> -> Parallel Seq Scan on pricescope_items (cost=0.00..1027794.01 rows=3277101 width=522) (actual time=0.753..41654.507 rows=2621681 loops=3)
Why does it take over 41 seconds to read a table with less than
3 million rows? Are the rows so large? Is the tabe bloated?
What is the size of the table as measured with pg_relation_size()
and pg_table_size()?
There's one JSON column in each table with a couple fields, and a column with long texts in Items.

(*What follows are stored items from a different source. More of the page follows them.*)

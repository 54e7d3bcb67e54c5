//! Settings take effect. Each call on a part could refuse one for a reason that was asked before, so only an allocation can fail.
ghost use Rattle.std.specs.Prelude.{◌≡◌, None, OnOk};
ghost use Rattle.iss_model.specs.state.Cores.{after_setting, with_user, with_card, with_user_moved, with_card_moved, with_product};
ghost use Rattle.iss_model.specs.rules.Reasons.{user_reason, card_reason, move_reason, product_reason, group_reason, set_reason};
ghost use Rattle.iss_model.specs.declared.setting.Moved.TheVariants as moved;
ghost use Rattle.iss_state.specs.Needs.{setting_reason};
ghost use Rattle.iss_card.specs.Standings.{card_fault_reason};
ghost use Rattle.iss_velocity.specs.Puts.{control_fault_reason};
ghost use Rattle.iss_scope.specs.Merchants.{group_fault_reason};
ghost use Rattle.iss_core.specs.States.{facts_of, kept_state};
ghost use Rattle.iss_core.specs.Reasons.{reason_of_control};
ghost use Rattle.iss_core.specs.Settings.{product_fault_reason, set_fault_reason, with_control_put, with_group, with_set_put};

use crate::state::State;
use iss_card::CardFault;
use iss_commando::SetFault;
use iss_model::{CardState, Control, Input, Moved, Product, Set, Token, UserState};
use iss_product::ProductFault;
use iss_scope::GroupFault;
use iss_velocity::ControlFault;
use std::alloc::{AllocError, Global};

impl State {
    /// A setting takes effect if there is no reason to decline it.
    pub(crate) fn configure(&mut self, alloc: Global, input: &Input) -> Result<(), AllocError>
        requires { setting_reason (facts_of self.old) input.now ≡ None }
        ensures { OnOk result (kept_state self.new ≡ after_setting (kept_state self.old) input.now) }
    {
        match input {
            Input::User { token: _, user } => self.put_user(user),
            Input::Card {
                token: _,
                card,
                user,
                product,
                active,
            } => self.put_card(card, user, product, *active),
            Input::Move { token: _, who } => match who {
                Moved::Card(card, to) => self.move_card(card, *to),
                Moved::User(user, to) => self.move_user(user, *to),
            },
            Input::Product {
                token: _,
                product,
                currency,
                funding,
                timeout_ms,
                hold_ms,
            } => {
                let product = Product {
                    name: *product,
                    currency: *currency,
                    funding: *funding,
                    timeout_ms: *timeout_ms,
                    hold_ms: *hold_ms,
                };
                self.put_product(&product)
            }
            Input::Group {
                token: _,
                group,
                mccs,
            } => self.put_group(alloc, group, mccs.as_slice()),
            Input::Control { .. } => {
                let Some(control) = input.control() else {
                    unreachable!()
                };
                self.put_control(&control)
            }
            Input::Set {
                token: _,
                set,
                product,
                currency,
                connection,
                timeout,
                application,
                max,
                day_limit,
                active,
            } => {
                let set = Set {
                    name: *set,
                    product: *product,
                    currency: *currency,
                    connection: *connection,
                    timeout: *timeout,
                    application: *application,
                    max: *max,
                    day_limit: *day_limit,
                    active: *active,
                };
                self.put_set(&set)
            }
            Input::Switch {
                token: _,
                product,
                on,
            } => {
                let _known = self.products.set_switch(product, *on);
                Ok(())
            }
            Input::Load { .. }
            | Input::Authorization { .. }
            | Input::Increment { .. }
            | Input::Reversal { .. }
            | Input::Clearing { .. }
            | Input::Refund { .. }
            | Input::Answer { .. }
            | Input::Ack { .. }
            | Input::Time => Ok(()),
        }
    }

    fn put_user(&mut self, user: &Token) -> Result<(), AllocError>
        requires { user_reason (facts_of self.old) user.now ≡ None }
        ensures { OnOk result (self.new ≡ record self.old { cards = with_user self.old.cards user.now }) }
    {
        match self.cards.add_user(user) {
            Ok(()) => Ok(()),
            Err(fault) => Err(card_memory(fault)),
        }
    }

    fn put_card(
        &mut self,
        card: &Token,
        user: &Token,
        product: &Token,
        active: bool,
    ) -> Result<(), AllocError>
        requires { card_reason (facts_of self.old) card.now user.now product.now ≡ None }
        ensures { OnOk result (self.new ≡ record self.old { cards = with_card self.old.cards card.now user.now product.now active }) }
    {
        match self.cards.add_card(card, user, product, active) {
            Ok(()) => Ok(()),
            Err(fault) => Err(card_memory(fault)),
        }
    }

    fn move_card(&mut self, card: &Token, to: CardState) -> Result<(), AllocError>
        requires { move_reason (facts_of self.old) (moved.Card card.now to) ≡ None }
        ensures { OnOk result (self.new ≡ record self.old { cards = with_card_moved self.old.cards card.now to }) }
    {
        match self.cards.move_card(card, to) {
            Ok(()) => Ok(()),
            Err(fault) => Err(card_memory(fault)),
        }
    }

    fn move_user(&mut self, user: &Token, to: UserState) -> Result<(), AllocError>
        requires { move_reason (facts_of self.old) (moved.User user.now to) ≡ None }
        ensures { OnOk result (self.new ≡ record self.old { cards = with_user_moved self.old.cards user.now to }) }
    {
        match self.cards.move_user(user, to) {
            Ok(()) => Ok(()),
            Err(fault) => Err(card_memory(fault)),
        }
    }

    fn put_product(&mut self, product: &Product) -> Result<(), AllocError>
        requires { product_reason (facts_of self.old) product.now.name ≡ None }
        ensures { OnOk result (self.new ≡ record self.old { products = with_product self.old.products product.now }) }
    {
        match self.products.add(product) {
            Ok(()) => Ok(()),
            Err(fault) => Err(product_memory(fault)),
        }
    }

    fn put_group(&mut self, alloc: Global, group: &Token, mccs: &[u16]) -> Result<(), AllocError>
        requires { group_reason (facts_of self.old) group.now ≡ None }
        ensures { OnOk result (self.new ≡ record self.old { groups = with_group self.old.groups group.now mccs.now }) }
    {
        match self.groups.add(alloc, group, mccs) {
            Ok(()) => Ok(()),
            Err(fault) => Err(group_memory(fault)),
        }
    }

    fn put_control(&mut self, control: &Control) -> Result<(), AllocError>
        requires { reason_of_control (facts_of self.old) control.now ≡ None }
        ensures { OnOk result (self.new ≡ record self.old { controls = with_control_put self.old.controls self.old.count control.now }) }
    {
        match self.controls.put(self.count, control) {
            Ok(()) => Ok(()),
            Err(fault) => Err(control_memory(fault)),
        }
    }

    fn put_set(&mut self, set: &Set) -> Result<(), AllocError>
        requires { set_reason (facts_of self.old) set.now.name set.now.product set.now.currency ≡ None }
        ensures { OnOk result (self.new ≡ record self.old { sets = with_set_put self.old.sets set.now }) }
    {
        match self.sets.put(set) {
            Ok(()) => Ok(()),
            Err(fault) => Err(set_memory(fault)),
        }
    }
}

fn card_memory(fault: CardFault) -> AllocError
    requires { card_fault_reason fault ≡ None }
{
    match fault {
        CardFault::OutOfMemory => AllocError,
        CardFault::UserUnknown
        | CardFault::CardUnknown
        | CardFault::Exists
        | CardFault::MoveUser(_, _)
        | CardFault::MoveCard(_, _) => unreachable!(),
    }
}

fn product_memory(fault: ProductFault) -> AllocError
    requires { product_fault_reason fault ≡ None }
{
    match fault {
        ProductFault::OutOfMemory => AllocError,
        ProductFault::Exists | ProductFault::Limit => unreachable!(),
    }
}

fn group_memory(fault: GroupFault) -> AllocError
    requires { group_fault_reason fault ≡ None }
{
    match fault {
        GroupFault::OutOfMemory => AllocError,
        GroupFault::Exists | GroupFault::Limit => unreachable!(),
    }
}

fn control_memory(fault: ControlFault) -> AllocError
    requires { control_fault_reason fault ≡ None }
{
    match fault {
        ControlFault::OutOfMemory => AllocError,
        ControlFault::Fixed | ControlFault::Limit => unreachable!(),
    }
}

fn set_memory(fault: SetFault) -> AllocError
    requires { set_fault_reason fault ≡ None }
{
    match fault {
        SetFault::OutOfMemory => AllocError,
        SetFault::Fixed | SetFault::Limit => unreachable!(),
    }
}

-- pg_table_size, pg_relation_size, pg_indexes_size, rows | ||||
---|---|---|---|---|
name | table_size | relation_size | index_size | row_estimate |
tenders | 1,775,222,784 | 1,630,461,952 | 3,815,567 | |
items | 8,158,773,248 | 6,052,470,784 | 7,865,043 |
check_postgres gave a 1.4 bloat score to tenders, 1.9 to items. I had a duplicate index on transaction_id (one hand made, other from the unique constraint) and other text column indexes with 0.3-0.5 bloat scores. After Vacuum Full Analyze; sizes are greatly reduced, specially Items:
-- pg_table_size, pg_relation_size, pg_indexes_size, rows | ||||
---|---|---|---|---|
name | table_size | relation_size | index_size | row_estimate |
tenders | 1,203,445,760 | 1,203,421,184 | 500,482,048 | 3,815,567 |
items | 4,436,189,184 | 4,430,790,656 | 2,326,118,400 | 7,865,043 |
There were a couple mass deletions which probably caused the bloating.
Autovacuum is on defaults, but I guess it doesn't take care of that. Still, performance seems about the same.
The planner is now using an Index Scan for Colombia without the subselect hack, but subselect takes ~200ms less in avg, so might as well keep doing it.
Row estimate is still +1M so still can't use that, but at least now it takes less than 10s to get the exact count with all countries.